Assignment: Read the records below and report each line in which "alloc" occurs.
**********
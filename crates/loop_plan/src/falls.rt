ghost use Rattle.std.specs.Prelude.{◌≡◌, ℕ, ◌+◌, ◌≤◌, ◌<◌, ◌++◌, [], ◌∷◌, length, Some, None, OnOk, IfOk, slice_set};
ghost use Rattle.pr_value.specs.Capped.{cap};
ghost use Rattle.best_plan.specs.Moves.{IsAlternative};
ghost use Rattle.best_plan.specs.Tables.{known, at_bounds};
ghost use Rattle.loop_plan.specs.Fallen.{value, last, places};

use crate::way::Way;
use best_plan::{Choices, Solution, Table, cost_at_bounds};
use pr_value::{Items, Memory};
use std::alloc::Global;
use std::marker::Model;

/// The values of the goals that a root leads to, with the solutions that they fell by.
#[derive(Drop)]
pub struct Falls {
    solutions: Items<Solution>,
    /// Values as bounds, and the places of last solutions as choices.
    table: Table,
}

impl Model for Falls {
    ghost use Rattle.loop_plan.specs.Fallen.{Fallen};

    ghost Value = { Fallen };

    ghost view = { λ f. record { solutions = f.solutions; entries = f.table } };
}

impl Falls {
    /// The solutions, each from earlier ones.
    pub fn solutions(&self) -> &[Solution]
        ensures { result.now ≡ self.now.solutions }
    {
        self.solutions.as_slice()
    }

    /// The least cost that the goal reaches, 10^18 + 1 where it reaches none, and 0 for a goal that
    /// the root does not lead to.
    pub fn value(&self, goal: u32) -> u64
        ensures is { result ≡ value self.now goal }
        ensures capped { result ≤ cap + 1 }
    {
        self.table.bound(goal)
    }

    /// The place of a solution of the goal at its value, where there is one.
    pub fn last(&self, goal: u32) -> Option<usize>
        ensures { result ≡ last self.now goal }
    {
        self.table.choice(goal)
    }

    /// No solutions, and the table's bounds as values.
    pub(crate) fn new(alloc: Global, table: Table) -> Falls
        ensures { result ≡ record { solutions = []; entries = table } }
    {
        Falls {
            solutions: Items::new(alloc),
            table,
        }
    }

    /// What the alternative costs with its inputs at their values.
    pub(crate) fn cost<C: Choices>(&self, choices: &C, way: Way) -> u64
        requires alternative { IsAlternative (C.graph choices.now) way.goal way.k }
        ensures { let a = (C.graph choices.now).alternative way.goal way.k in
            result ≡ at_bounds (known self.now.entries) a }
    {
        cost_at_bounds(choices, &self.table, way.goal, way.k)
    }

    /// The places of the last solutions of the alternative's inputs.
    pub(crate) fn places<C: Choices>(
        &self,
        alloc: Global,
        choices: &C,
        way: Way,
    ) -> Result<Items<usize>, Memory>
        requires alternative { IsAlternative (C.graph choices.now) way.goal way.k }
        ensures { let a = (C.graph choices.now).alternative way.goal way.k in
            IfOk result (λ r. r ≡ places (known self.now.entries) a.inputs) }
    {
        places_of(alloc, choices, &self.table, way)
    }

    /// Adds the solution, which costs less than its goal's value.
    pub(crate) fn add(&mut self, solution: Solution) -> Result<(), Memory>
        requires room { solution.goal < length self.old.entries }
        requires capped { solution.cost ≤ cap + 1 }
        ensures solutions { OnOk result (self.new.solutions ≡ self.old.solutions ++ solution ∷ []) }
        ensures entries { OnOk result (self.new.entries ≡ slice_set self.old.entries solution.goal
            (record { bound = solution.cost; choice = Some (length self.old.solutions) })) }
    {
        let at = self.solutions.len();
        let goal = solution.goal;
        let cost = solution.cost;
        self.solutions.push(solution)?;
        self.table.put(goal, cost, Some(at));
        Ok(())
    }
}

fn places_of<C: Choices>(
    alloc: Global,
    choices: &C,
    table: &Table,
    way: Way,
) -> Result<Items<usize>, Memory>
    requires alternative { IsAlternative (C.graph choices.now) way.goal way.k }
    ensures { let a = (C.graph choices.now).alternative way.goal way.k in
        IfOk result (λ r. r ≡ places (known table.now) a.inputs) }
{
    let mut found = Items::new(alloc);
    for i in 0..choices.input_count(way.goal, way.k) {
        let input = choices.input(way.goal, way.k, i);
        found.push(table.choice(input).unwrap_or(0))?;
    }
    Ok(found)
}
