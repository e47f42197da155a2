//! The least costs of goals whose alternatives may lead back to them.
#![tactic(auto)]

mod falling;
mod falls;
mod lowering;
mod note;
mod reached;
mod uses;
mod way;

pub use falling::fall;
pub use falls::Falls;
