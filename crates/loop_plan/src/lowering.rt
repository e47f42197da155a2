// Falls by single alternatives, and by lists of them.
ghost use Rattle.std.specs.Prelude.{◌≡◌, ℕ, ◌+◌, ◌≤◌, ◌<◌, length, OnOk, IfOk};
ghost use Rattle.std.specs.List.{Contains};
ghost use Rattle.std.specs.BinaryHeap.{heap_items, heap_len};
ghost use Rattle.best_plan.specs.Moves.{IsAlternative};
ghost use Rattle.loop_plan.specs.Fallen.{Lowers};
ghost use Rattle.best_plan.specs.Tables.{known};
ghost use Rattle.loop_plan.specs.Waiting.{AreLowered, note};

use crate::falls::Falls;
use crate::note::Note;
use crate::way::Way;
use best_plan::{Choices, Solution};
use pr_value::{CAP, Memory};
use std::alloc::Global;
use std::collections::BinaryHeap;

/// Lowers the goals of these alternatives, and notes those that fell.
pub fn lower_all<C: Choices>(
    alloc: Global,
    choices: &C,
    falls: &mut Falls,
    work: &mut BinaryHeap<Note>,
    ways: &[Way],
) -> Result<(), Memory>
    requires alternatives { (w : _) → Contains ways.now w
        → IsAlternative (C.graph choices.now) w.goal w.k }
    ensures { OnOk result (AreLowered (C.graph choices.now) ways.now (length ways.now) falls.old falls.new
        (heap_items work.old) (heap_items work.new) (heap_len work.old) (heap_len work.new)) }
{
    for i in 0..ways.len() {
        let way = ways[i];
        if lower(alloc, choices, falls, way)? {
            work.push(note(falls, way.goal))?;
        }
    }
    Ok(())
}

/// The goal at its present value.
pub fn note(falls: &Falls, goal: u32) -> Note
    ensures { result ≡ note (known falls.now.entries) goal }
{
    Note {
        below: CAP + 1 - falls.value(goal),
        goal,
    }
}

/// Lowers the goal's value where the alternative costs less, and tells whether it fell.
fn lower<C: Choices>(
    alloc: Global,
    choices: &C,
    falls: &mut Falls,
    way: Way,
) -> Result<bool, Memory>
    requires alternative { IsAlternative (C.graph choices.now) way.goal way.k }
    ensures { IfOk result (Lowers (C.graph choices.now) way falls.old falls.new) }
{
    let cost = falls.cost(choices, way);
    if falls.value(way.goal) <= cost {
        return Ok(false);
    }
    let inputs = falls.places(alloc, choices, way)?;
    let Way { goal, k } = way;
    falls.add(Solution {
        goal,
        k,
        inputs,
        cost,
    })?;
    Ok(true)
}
**********
Answer to the exercise:
use std::alloc::Global;
    pub(crate) fn new(alloc: Global, table: Table) -> Falls
            solutions: Items::new(alloc),
        alloc: Global,
        places_of(alloc, choices, &self.table, way)
    alloc: Global,
    let mut found = Items::new(alloc);
use std::alloc::Global;
    alloc: Global,
        if lower(alloc, choices, falls, way)? {
    alloc: Global,
    let inputs = falls.places(alloc, choices, way)?;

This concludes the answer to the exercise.